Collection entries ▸
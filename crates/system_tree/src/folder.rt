//! A folder that is held open, so that a file in it is opened, made, compared and renamed there, wherever the folder's
//! path leads by then.

use crate::patient;
use file_tree::fault::TreeFault;
use file_tree::kind::Identity;
use std::fs::{File, Metadata};
use std::io::ErrorKind;
use std::os::fd::AsRawFd;
use std::os::unix::fs::MetadataExt;

/// The identity of the file or the folder with this metadata.
pub fn identity_of(metadata: &Metadata) -> Identity {
    Identity {
        device: metadata.dev(),
        inode: metadata.ino(),
    }
}

/// A folder, and the front that precedes the names of its files.
#[derive(Drop)]
pub struct Folder {
    /// The folder's own path: empty for the current folder, otherwise with a `/` at its end.
    path: String,
    /// None if the folder can't be read.
    handle: Option<File>,
    metadata: Metadata,
    /// `/proc/PID/fd/N/`: a name after it is looked up in the handle. Without a handle or `/proc`, the folder's path.
    front: String,
    is_held: bool,
}

/// The path of a folder without the `/` at its end, so that a link isn't followed.
fn without_slash(path: &str) -> &str {
    if path.is_empty() {
        return ".";
    }
    match path.strip_suffix("/") {
        Some("") | None => path,
        Some(rest) => rest,
    }
}

/// The path of a folder with the `/` at its end, so that no pipe is opened in its place.
fn with_slash(path: &str) -> &str {
    if path.is_empty() { "./" } else { path }
}

/// The metadata that a path has by now, if it leads to a folder. Its last part may be a link only if the caller named
/// the folder by that link.
fn found_at(rt: &HostRuntime, path: &str, linked: &[Identity]) -> Result<Metadata, TreeFault> {
    let Ok(metadata) = patient::symlink_metadata(rt, without_slash(path)) else {
        return Err(TreeFault::Changed);
    };
    if !metadata.is_symlink() {
        return Ok(metadata);
    }
    let Ok(metadata) = patient::metadata(rt, with_slash(path)) else {
        return Err(TreeFault::Changed);
    };
    if linked.contains(&identity_of(&metadata)) {
        Ok(metadata)
    } else {
        Err(TreeFault::Changed)
    }
}

/// The front for names that are looked up in a handle. With the number of the process the system finds it quicker than
/// with `self`.
fn front_of(rt: &HostRuntime, handle: &File) -> Result<String, TreeFault> {
    let number = handle.as_raw_fd();
    let front = match patient::read_link(rt, "/proc/self") {
        Ok(own) => {
            let own = own.to_string_lossy();
            format!(in rt.alloc(); "/proc/{own}/fd/{number}/")
        }
        Err(error) if error.kind() == ErrorKind::OutOfMemory => return Err(TreeFault::OutOfMemory),
        Err(_) => format!(in rt.alloc(); "/proc/self/fd/{number}/"),
    };
    match front {
        Ok(front) => Ok(front),
        Err(_) => Err(TreeFault::OutOfMemory),
    }
}

impl Folder {
    /// A folder whose files are named by its path.
    fn by_path(
        rt: &HostRuntime,
        path: &str,
        handle: Option<File>,
        metadata: Metadata,
    ) -> Result<Folder, TreeFault> {
        let Ok(own) = String::from_str(rt.alloc(), path) else {
            return Err(TreeFault::OutOfMemory);
        };
        let Ok(front) = String::from_str(rt.alloc(), path) else {
            return Err(TreeFault::OutOfMemory);
        };
        Ok(Folder {
            path: own,
            handle,
            metadata,
            front,
            is_held: false,
        })
    }

    /// A folder whose files are named by its handle, if `/proc` has it.
    fn by_handle(
        rt: &HostRuntime,
        path: &str,
        handle: File,
        metadata: Metadata,
    ) -> Result<Folder, TreeFault> {
        let front = front_of(rt, &handle)?;
        match patient::metadata(rt, front.as_str()) {
            Ok(there) if identity_of(&there) == identity_of(&metadata) => {}
            _ => return Folder::by_path(rt, path, Some(handle), metadata),
        }
        let Ok(own) = String::from_str(rt.alloc(), path) else {
            return Err(TreeFault::OutOfMemory);
        };
        Ok(Folder {
            path: own,
            handle: Some(handle),
            metadata,
            front,
            is_held: true,
        })
    }

    /// Opens a folder, which must be the one to which its path leads.
    pub fn open(rt: &HostRuntime, path: &str, linked: &[Identity]) -> Result<Folder, TreeFault> {
        let metadata = found_at(rt, path, linked)?;
        match File::open(rt, with_slash(path)) {
            Ok(handle) => match patient::open_metadata(&handle) {
                Ok(held) if identity_of(&held) == identity_of(&metadata) => {
                    Folder::by_handle(rt, path, handle, metadata)
                }
                _ => Err(TreeFault::Changed),
            },
            Err(error) if error.kind() == ErrorKind::PermissionDenied => {
                Folder::by_path(rt, path, None, metadata)
            }
            Err(_) => Err(TreeFault::NotWritable),
        }
    }

    /// The identity of the folder.
    pub fn identity(&self) -> Identity {
        identity_of(&self.metadata)
    }

    /// Whether this path led to the folder when it was opened.
    pub fn is_of(&self, path: &str) -> bool {
        self.path.as_str() == path
    }

    /// The front that precedes the name of a file in the folder.
    pub fn front(&self) -> &str {
        self.front.as_str()
    }

    /// Whether nobody but the caller and root can put another file into the folder.
    fn is_own(&self, caller: u32) -> bool {
        let owner = self.metadata.uid();
        (owner == caller || owner == 0) && self.metadata.mode() & 0o022 == 0
    }

    /// Whether a file of this owner can be replaced here. If the folder isn't held, another user may lead the steps
    /// into different folders by exchanging a folder above, so only the caller is given a file.
    pub fn is_safe(&self, caller: u32, owner: u32) -> bool {
        self.is_held || (owner == caller && self.is_own(caller))
    }

    /// Syncs the names in the folder to the disk, and returns whether that succeeded.
    pub fn sync(&self) -> bool {
        match &self.handle {
            Some(handle) => handle.sync_all().is_ok(),
            None => false,
        }
    }
}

What you will do ▸
Each line from the one containing "match File::open(rt, with_slash(path))" to the last line above must be returned exactly, and no line outside that range.

Expected answer ▸
        match File::open(rt, with_slash(path)) {
            Ok(handle) => match patient::open_metadata(&handle) {
                Ok(held) if identity_of(&held) == identity_of(&metadata) => {
                    Folder::by_handle(rt, path, handle, metadata)
                }
                _ => Err(TreeFault::Changed),
            },
            Err(error) if error.kind() == ErrorKind::PermissionDenied => {
                Folder::by_path(rt, path, None, metadata)
            }
            Err(_) => Err(TreeFault::NotWritable),
        }
    }

    /// The identity of the folder.
    pub fn identity(&self) -> Identity {
        identity_of(&self.metadata)
    }

    /// Whether this path led to the folder when it was opened.
    pub fn is_of(&self, path: &str) -> bool {
        self.path.as_str() == path
    }

    /// The front that precedes the name of a file in the folder.
    pub fn front(&self) -> &str {
        self.front.as_str()
    }

    /// Whether nobody but the caller and root can put another file into the folder.
    fn is_own(&self, caller: u32) -> bool {
        let owner = self.metadata.uid();
        (owner == caller || owner == 0) && self.metadata.mode() & 0o022 == 0
    }

    /// Whether a file of this owner can be replaced here. If the folder isn't held, another user may lead the steps
    /// into different folders by exchanging a folder above, so only the caller is given a file.
    pub fn is_safe(&self, caller: u32, owner: u32) -> bool {
        self.is_held || (owner == caller && self.is_own(caller))
    }

    /// Syncs the names in the folder to the disk, and returns whether that succeeded.
    pub fn sync(&self) -> bool {
        match &self.handle {
            Some(handle) => handle.sync_all().is_ok(),
            None => false,
        }
    }
}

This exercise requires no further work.